4. Fronteira Camarões-Nigéria: “A estrada internacional entre os dois países é uma estreita pista de terra batida. Que termina na margem dum rio. Não há ponte: ruiu há alguns anos, e assim a deixaram ficar.
O motorista aponta a outra margem: “Nigéria”, diz. “E agora?”, pergunto. “Agora, ou arregaça as calças e atravessa a pé; ou embarca numa piroga e atravessa sentado”, responde, divertido. (…)”
5. Fronteira Mauritânia-Marrocos: “A faixa de fronteira entre Mauritânia e Marrocos é uma das mais desoladas e inquietantes que atravessei na vida. Carcaças de automóveis indicam a berma e o território livre de minas. O posto de migração é uma barraca no deserto. (…).
6. Fronteira Namíbia-Botswana: “Elogio a menina da migração da Namíbia: que nunca tive uma despedida de um país tão bem dada, que quando regressar caso com ela, que lhe deixo uma esferográfica de presente. Sorri, embevecida, e carimba o passaporte. Com tantos elogios de um admirador tão sincero, consigo que não repare que o meu visto já caducou. Fiz mal as contas, ando ilegal na Namíbia há dois dias. “
7. Fronteira Mali-Senegal: “De tantos em tantos quilómetros, um bloco policial. (…)

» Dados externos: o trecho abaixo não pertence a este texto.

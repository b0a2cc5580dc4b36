//! Levels of what stands before a step.

ghost use Rattle.std.specs.Prelude.{◌≡◌};
ghost use Rattle.names_terms.specs.Levels.{joined, of_step, of_terms};
ghost use Rattle.names_terms.specs.TermViews.{step_view};

use names_terms::{Level, Step, Terms};

/// The greater of two levels.
fn joined(a: Level, b: Level) -> Level
    ensures { result ≡ joined a b }
{
    match a {
        Level::Constant => b,
        Level::State => match b {
            Level::Constant => Level::State,
            Level::State | Level::Action | Level::Temporal => b,
        },
        Level::Action => match b {
            Level::Temporal => Level::Temporal,
            Level::Constant | Level::State | Level::Action => Level::Action,
        },
        Level::Temporal => Level::Temporal,
    }
}

fn of_terms(terms: &Terms) -> Level
    ensures { result ≡ of_terms terms.now }
{
    let items = terms.items();
    let mut level = Level::Constant;
    for term in items {
        level = joined(level, term.level);
    }
    level
}

/// The level behind a step.
pub fn of_step(level: Level, step: &Step) -> Level
    ensures { result ≡ of_step level (step_view step.now) }
{
    match step {
        Step::Prime => Level::Action,
        Step::Index(terms) => joined(level, of_terms(terms)),
        Step::Field(_) => level,
    }
}
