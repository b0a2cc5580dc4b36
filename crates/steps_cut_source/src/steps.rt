ghost use Rattle.std.specs.Prelude.{◌≡◌, ◌≤◌};
ghost use Rattle.base_cuts.specs.Cuts.{total};
ghost use Rattle.base_cuts.specs.Orders.{sizes};
ghost use Rattle.states_layers.specs.Gives.{IsSmall};
ghost use Rattle.steps_ready_defs.specs.Beside.{asked};
ghost use Rattle.logs_tied.specs.Lines.{AreTied};
ghost use Rattle.steps_tied.specs.Tied.{tied_system};
ghost use Rattle.steps_tied.specs.Beside.{IsReadyBeside};

use crate::assuming::assumed;
use crate::entry::Entry;
use crate::lines::{first_ready_at, taken_at};
use crate::listing::ready_steps;
use crate::placing::entries;
use base_core::{LineAt, Place};
use logs_tied::Logs;
use names_terms::Spec;
use states_layers::{StepFault, Steps};
use std::alloc::Global;
use steps_successors::{initial, silent_steps};

/// A specification beside several logs, and what is asked for beside them: whether a line without an event may leave the state as it is, how many
/// steps there may be from one line's state to the next line's, and how many entries a layer may have.
#[derive(Clone, Copy, Drop)]
pub struct CutSteps<'a> {
    pub spec: &'a Spec,
    pub logs: &'a Logs,
    pub stutter: bool,
    pub within: u32,
    pub limit: u32,
    pub ghost tied: { ∥ AreTied logs.now ∥₁ },
    pub ghost few_lines: { total (sizes logs.now.order) ≤ 200000 },
    pub ghost some_step: { 1 ≤ within },
    pub ghost few_steps: { within ≤ 8 },
    pub ghost small_layers: { limit ≤ 100000 },
}

/// What the search asks of the sizes holds of it.
pub fn small_law(steps: &CutSteps<'_>)
    ensures { IsSmall (tied_system steps.now.spec.now steps.now.logs.now (asked steps.now.stutter steps.now.within steps.now.limit)) }
{}

impl<'a> Steps for CutSteps<'a> {
    type Entry = Entry;

    ghost use Rattle.std.specs.Prelude.{refl};

    ghost system = { λ s. tied_system s.spec.now s.logs.now (asked s.stutter s.within s.limit) };

    ghost ready = { λ s. IsReadyBeside s.spec.now s.logs.now };

    fn count(&self) -> u32 {
        self.logs.count()
    }

    fn within(&self) -> u32 {
        self.within
    }

    fn limit(&self) -> u32 {
        self.limit
    }

    fn total(&self) -> u32 {
        2_000_000
    }

    fn at(&self, _line: u32, from: &Entry, to: &Entry) -> LineAt {
        taken_at(self.logs, &from.cut, &to.cut)
    }

    fn expected(&self, _line: u32, from: &Entry) -> LineAt {
        first_ready_at(self.logs, &from.cut)
    }

    fn assumes(&self) -> usize {
        self.spec.assumes.len()
    }

    fn assumed(&self, alloc: Global, index: usize) -> Result<Option<Place>, StepFault> {
        assumed(alloc, self.spec, index)
    }

    fn initial(&self, alloc: Global, bound: u32) -> Result<Vec<Entry>, StepFault> {
        match initial(alloc, self.spec, &self.logs.init, bound) {
            Ok(states) => {
                let cut = self.logs.order.start(alloc)?;
                let first = entries(alloc, &cut, states)?;
                Ok(first)
            }
            Err(stop) => Err(stop),
        }
    }

    fn successors(
        &self,
        alloc: Global,
        _line: u32,
        from: &Entry,
        bound: u32,
    ) -> Result<Vec<Entry>, StepFault> {
        ready_steps(alloc, self, from, bound)
    }

    fn silent(&self, alloc: Global, from: &Entry, bound: u32) -> Result<Vec<Entry>, StepFault> {
        match silent_steps(alloc, self.spec, &from.state, bound) {
            Ok(states) => {
                let next = entries(alloc, &from.cut, states)?;
                Ok(next)
            }
            Err(stop) => Err(stop),
        }
    }

    ghost shows = { λ s t. refl };
}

A cena repete-se pela estrada fora. Descemos todos do autocarro. Os oficiais controlam os documentos de identificação dos passageiros. Os habitantes do Mali para um lado, os do Senegal para outro. Enquanto viajamos ainda no Mali, todos os passageiros senegaleses são obrigados a pagar um “direito de passagem”, todas as vezes. Depois, quando já viajamos no Senegal, será a vez de os passageiros malianos pagarem o “direito de passagem”. Eu, europeu, não pago. Estou, pelos vistos, isento. (…)
Na fronteira dos dois países, a mesma coisa. Mais “irregularidades”, mais “multas”, mais direitos de passagem”, mais dinheiro no bolso dos oficiais. “Ando há meses por África, passei por vários blocos de polícia, mas nunca vi nada assim”, comento com o Sacko. Há uma explicação: “Estamos no fim do Ramadão, e no último dia manda a tradição que se troquem presentes entre famílias e amigos. Os polícias estão a juntar algum dinheiro extra, para as compras.”
8. Fronteira Senegal-Mauritânia: “No lado senegalês, mandam-me entrar para um gabinete apertado, escuro e malcheiroso. Quando a vista se habitua à penumbra, compreendo de onde vem o cheiro pesado. Da cela. Estou numa prisão. Quatro indivíduos apertam-se atrás das grades, num cubículo não muito maior que uma mesa de cozinha. O oficial segue o meu olhar. “Ilegais mauritanos”, explica-se, enquanto me carimba o passaporte.
(…) Não há ponte, apanho, pois, um ferry. Na margem norte, ainda antes de tocar com os pés no solo mauritano, já tenho um oficial à minha espera. “Trato eu de todas as formalidades, não te preocupas”, assegura-me. Que formalidades? Desaparece com o meu passaporte. Espero. Canso-me de esperar. Vou procurá-lo. Está na conversa com dois amigos. “Então?”. Tem qualquer coisa para me dizer: o preço que tenho de pagar para reaver o meu passaporte. “Pelas formalidades”. Sorrio, mostro-lhe que sorrio. Como quem diz: ando por África acima há oito meses, tenho a escola toda para lidar com oficiais da tua laia.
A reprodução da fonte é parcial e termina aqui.